By the end of year one you will have read four books carefully, journaled about three hundred cards, and reached the point where the next book that will help you is the one you write in your own notebook.

If you want a shortcut — to watch a working reader's craft in action while you read your way through — book a session with one of our verified readers. Most of them will happily talk shop about books afterward.

Frequently asked questions

Which is the single best tarot book for beginners?

Rachel Pollack's Seventy-Eight Degrees of Wisdom. It treats the deck as a serious developmental and symbolic system, walks every card carefully, and remains useful as a reference for years after you've finished reading it.

Do I need multiple tarot books or is one enough?

One is enough to start, two or three is ideal within a year. Pollack alone will get you through your first three months. Adding Crispin (a different voice) and Greer (a working method) gives you triangulation that prevents you from reading the deck through a single author's lens.

Should beginners avoid the Llewellyn-style "tarot bible" books?

Not avoid — just not start there. The encyclopedic card-by-card volumes are useful as references after you have your own framework. Starting there gives you a hundred and fifty meaning-clusters with no organising principle, and most beginners burn out trying to memorise them.

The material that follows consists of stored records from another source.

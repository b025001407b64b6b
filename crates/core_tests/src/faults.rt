//! Each call of the store and each put may fail.

use super::cases::{CALM, CHECK, Case, PRINT, WORLD, check};
use super::printed::{CLOSE, LOOSE};
use super::texts::COUNTER;
use std::alloc::Global;
use std::process::Abort;
use std::test::Fail;
use tapc_core::Status;

/// A command: its name, the words, the system, how many calls of the store it makes, what is written before each of
/// its puts, the status, and all that is written.
type Row = (
    &'static str,
    &'static [&'static str],
    &'static [u8],
    u64,
    &'static [&'static [u8]],
    Status,
    &'static [u8],
);

/// All of them. Each file is begun, read, and read to its end.
fn rows() -> [Row; 6] {
    [
        (
            "world",
            WORLD,
            COUNTER,
            6,
            &[b"", b"tick a 0\nact a 0\n"],
            Status::Done,
            b"tick a 0\nact a 0\nvar a k 1\nend\n",
        ),
        (
            "world of a text that is refused",
            WORLD,
            b"$",
            3,
            &[b""],
            Status::Refused,
            b"refused L1 1:1\n",
        ),
        (
            "world with a setting that is refused",
            &["world", "s", "t", "a.x=1"],
            COUNTER,
            3,
            &[b""],
            Status::Refused,
            b"refused I1 a.x\n",
        ),
        (
            "check",
            CHECK,
            COUNTER,
            3,
            &[b""],
            Status::Done,
            b"accepted\nprocess a 1 5\n",
        ),
        (
            "check of a text that is refused",
            CHECK,
            b"$",
            3,
            &[b""],
            Status::Refused,
            b"refused L1 1:1\n",
        ),
        ("print", PRINT, LOOSE, 3, &[b""], Status::Done, CLOSE),
    ]
}

/// The command fails at each of its calls and puts, and at no later one.
fn check_faults(rt: &impl Abort, alloc: Global, row: &Row) -> Result<(), Fail> {
    let (name, words, system, calls, fronts, status, lines) = *row;
    let case = Case {
        name,
        words,
        system,
        schedule: b"turn a 0\n",
        status,
        lines,
        ..CALM
    };
    for failing_call in 1..=calls {
        let failing = Case {
            failing_call,
            ..case
        };
        check_read_fault(rt, alloc, &failing)?;
    }
    for (at, front) in fronts.iter().enumerate() {
        let failing_put = at as u64 + 1;
        let failing = Case {
            failing_put,
            lines: front,
            ..case
        };
        check_write_fault(rt, alloc, &failing)?;
    }
    let failing_call = calls.saturating_add(1);
    let failing_put = fronts.len() as u64 + 1;
    let unharmed = Case {
        failing_call,
        failing_put,
        ..case
    };
    check(rt, alloc, &unharmed)
}

/// A read fault is told, and where that is not put it is a write fault.
fn check_read_fault(rt: &impl Abort, alloc: Global, case: &Case) -> Result<(), Fail> {
    let name = format!(in alloc; "{}, where call {} fails", case.name, case.failing_call)?;
    let failed = Case {
        name: name.as_str(),
        status: Status::ReadFault,
        lines: b"read fault\n",
        ..*case
    };
    check(rt, alloc, &failed)?;
    let untold = Case {
        failing_put: 1,
        status: Status::WriteFault,
        lines: b"",
        ..failed
    };
    check(rt, alloc, &untold)
}

/// What was written before the put stays.
fn check_write_fault(rt: &impl Abort, alloc: Global, case: &Case) -> Result<(), Fail> {
    let name = format!(in alloc; "{}, where put {} fails", case.name, case.failing_put)?;
    let failed = Case {
        name: name.as_str(),
        status: Status::WriteFault,
        ..*case
    };
    check(rt, alloc, &failed)
}

#[test]
fn each_call_of_the_outside_may_fail(rt: HostRuntime) -> Result<(), Fail> {
    for row in &rows() {
        check_faults(&rt, rt.alloc(), row)?;
    }
    Ok(())
}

What deck should I use while learning from these books?

The Rider-Waite-Smith deck. Every book on this list treats it as the visual standard, and switching decks while you're still learning the symbol vocabulary means restarting the index each time. Commit to one deck for the first six months.

Are there good free tarot resources online?

Yes — Biddy Tarot, Labyrinthos, and Aeclectic Tarot's forum archive are decent free starting points. But online card-meaning pages have a specific failure mode: they aggregate from each other and converge toward the same shallow interpretation. A book gives you a longer argument you can disagree with, which is what you need.